Integrate Data from Your Amazon S3 Bucket Directly to GoodData
This tutorial guides you through the process of setting up direct data distribution to load data from CSV files stored in an Amazon S3 bucket to the GoodData platform.
This tutorial assumes that you have one or multiple GoodData workspaces, and these workspaces have a logical data model (LDM) that meets your business requirements for data analysis.
By the end of this tutorial, you should be able to connect your S3 bucket to the GoodData platform, and set up the data load to run regularly.
If you have multiple workspaces and do not have them organized in segments, set up Automated Data Distribution (ADD) v2 for object storage services first. For more information, see Set Up Automated Data Distribution v2 for Object Storage Services.
Prepare source files
Prepare the source files that you want to load to your workspaces. Make sure that the source files meet the requirements described in GoodData-S3 Integration Details.
Set up a connection between your S3 bucket and the GoodData platform
The connection details are described within the entity called Data Source.
Create a Data Source for the S3 bucket where your source files are stored. For more information about how to create a Data Source for an Amazon S3 bucket, see Create a Data Source.
You are now going to deploy, schedule, and run the Automated Data Distribution (ADD) v2 process that will load the data from your S3 bucket to the workspace. For more details about ADD v2, see Automated Data Distribution v2 for Object Storage Services.
Deploy, schedule, and run the ADD v2 process
Deploy the ADD v2 process to the GoodData platform and then create a schedule for the deployed process to automatically execute the data loading process at a specified time.
- If you have only one workspace to load data to, deploy the ADD v2 process to this workspace.
- If you have multiple workspaces to load data to and you have the workspaces organized into segments (see Set Up Automated Data Distribution v2 for Object Storage Services), deploy the ADD v2 to the service workspace.
Steps:
- Click your name in the top right corner, and select Data Integration Console. Alternatively, go to
https://{your.domain.com}/admin/disc/
. - On the top navigation bar, select Workspaces and click the name of your workspace.
- Click Deploy Process. The deploy dialog opens.
- From the Component dropdown, select Automated Data Distribution.
- From the Data Source dropdown, select the Data Source that you have created at the step Set up a connection between your S3 bucket and the GoodData platform. The path to your S3 bucket is obtained from that Data Source and displayed for your review.
- (Optional) Add sub-folders to the path to point to the folder where the source files are located.
- Specify the workspaces to load the data to.
If you want to load the data to the current workspace, select Current Workspace.

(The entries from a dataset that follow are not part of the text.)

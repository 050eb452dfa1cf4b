// Reads a script from standard input, makes its calls on a new recorder, and prints a line for each.
#![tactic(auto)]

use script::script::read_script;
use stage::failure::Failure;
use stage::run::run_read;
use std::io;
use std::io::{BufWriter, Read, Write};
use std::process::ExitCode;

// Every fault of the script is found before its first call is made.
fn run_script(rt: &HostRuntime) -> Result<(), Failure> {
    let heap = rt.alloc();
    let mut bytes = Vec::new(heap);
    rt.stdin().read_to_end(&mut bytes)?;
    let script = read_script(heap, bytes.as_slice())?;
    let mut out = BufWriter::new(heap, rt.stdout())?;
    run_read(heap, &script, &mut out)?;
    out.flush()?;
    Ok(())
}

// A failure is named on standard error, and nothing else is printed there.
fn main(rt: HostRuntime) -> io::Result<ExitCode> {
    match run_script(&rt) {
        Ok(()) => Ok(ExitCode::SUCCESS),
        Err(failure) => {
            eprintln!(rt; "{failure}")?;
            Ok(ExitCode::FAILURE)
        }
    }
}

If you have only one workspace to load data to, the Current Workspace option is the only option available and it is pre-selected by default.If you have multiple workspaces to load data to and you have the workspaces organized into segments (see Set Up Automated Data Distribution v2 for Object Storage Services), select Segment (LCM) and then select the segment containing the workspaces to distribute the data to.
- Enter a descriptive name for the ADD v2 process.
- Click Deploy. The ADD v2 process is deployed. You are now going to schedule the deployed process.
- For the deployed ADD v2 process, click Create new schedule.
- In the Runs dropdown, set the frequency of execution to manually. This means that the process will run only when manually triggered.
- Click Schedule. The schedule is saved and opens for your preview. You are now going to manually run the scheduled process.
- Click Run. The schedule is queued for execution and is run as platform resources are available.
- If the schedule fails with errors, fix the errors, and run the schedule again. Repeat until the process finishes with a status of OK, which means that the ADD v2 process has loaded the data to your workspace.
- (Optional) In the Runs dropdown, set the frequency of execution to whatever schedule fits your business needs. Click Save. The schedule is saved.
You can now start analyzing your data. Use Analytical Designer and create your first insight.
Summary
You have completed the tutorial. You should now be able to set up direct data distribution from an S3 bucket.